Excerpted records Block Start

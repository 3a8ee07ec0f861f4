//! A mock SQL server that shows what weak isolation permits.
#![tactic(auto)]

ghost use Rattle.std.specs.Prelude.{◌≡◌, ◌≢◌};
ghost use Rattle.std.specs.IoError.{error_kind};

use cell_base::{Text, TextFault};
use doors::TcpNetwork;
use link_traits::StdHost;
use monkey_server::{Status, monkey_main};
use std::io::ErrorKind;
use std::process::ExitCode;
use std::{env, io};

/// The status where memory runs out before the program begins.
const NO_MEMORY: Status = Status { code: 5 };

/// Why the words of the command line can't be had.
#[derive(Clone, Copy, Debug, PartialEq, Eq)]
enum WordsFault {
    /// They aren't text.
    NotText,
    /// Out of memory.
    Memory,
}

// What a fault of the system means for the words.
fn fault_of(fault: &io::Error) -> WordsFault
    ensures memory { error_kind fault.now ≡ ErrorKind.OutOfMemory → result ≡ WordsFault.Memory }
    ensures other { error_kind fault.now ≢ ErrorKind.OutOfMemory → result ≡ WordsFault.NotText }
{
    match fault.kind() {
        ErrorKind::OutOfMemory => WordsFault::Memory,
        _ => WordsFault::NotText,
    }
}

// The words of the command line after the program's own name.
fn words_of(rt: &HostRuntime) -> Result<Vec<Text>, WordsFault> {
    let mut words = Vec::new(rt.alloc());
    let args = match env::args(rt) {
        Ok(args) => args,
        Err(fault) => return Err(fault_of(&fault)),
    };
    for arg in args.skip(1) {
        match Text::from_bytes(rt.alloc(), arg.as_bytes()) {
            Ok(word) => {
                if words.push(word).is_err() {
                    return Err(WordsFault::Memory);
                }
            }
            Err(TextFault::NotUtf8) => return Err(WordsFault::NotText),
            Err(TextFault::Memory) => return Err(WordsFault::Memory),
        }
    }
    Ok(words)
}

fn main(rt: HostRuntime) -> ExitCode {
    let alloc = rt.alloc();
    let mut host = StdHost::new(alloc, &rt, rt.stdin(), rt.stdout());
    let mut network = TcpNetwork::new(&rt, alloc);
    let status = match words_of(&rt) {
        Ok(words) => monkey_main(&rt, alloc, &mut host, &mut network, &words),
        // Words that aren't text are none that the program knows.
        Err(WordsFault::NotText) => monkey_main(&rt, alloc, &mut host, &mut network, &[]),
        Err(WordsFault::Memory) => {
            let _ = eprintln!(rt; "monkeydb: out of memory");
            NO_MEMORY
        }
    };
    ExitCode::from(status.code)
}
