// The parts of an indexed history.
use crate::index::Index;
use crate::keys::KeyIndex;
use history_core::History;
use std::alloc::Global;

/// A history, for each cell the transactions that wrote it, and for each table the keys that stand in the initial state or were
/// written.
#[derive(Debug, Drop)]
pub struct Parts {
    pub alloc: Global,
    pub history: History,
    pub index: Index,
    pub keys: KeyIndex,
}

Excerpted records Block End

What the exercise asks: Would you reproduce, word for word, the lines from the one holding "an indexed history." through the final line of the entries, both included?

Response for this exercise:
// The parts of an indexed history.
use crate::index::Index;
use crate::keys::KeyIndex;
use history_core::History;
use std::alloc::Global;

/// A history, for each cell the transactions that wrote it, and for each table the keys that stand in the initial state or were
/// written.
#[derive(Debug, Drop)]
pub struct Parts {
    pub alloc: Global,
    pub history: History,
    pub index: Index,
    pub keys: KeyIndex,
}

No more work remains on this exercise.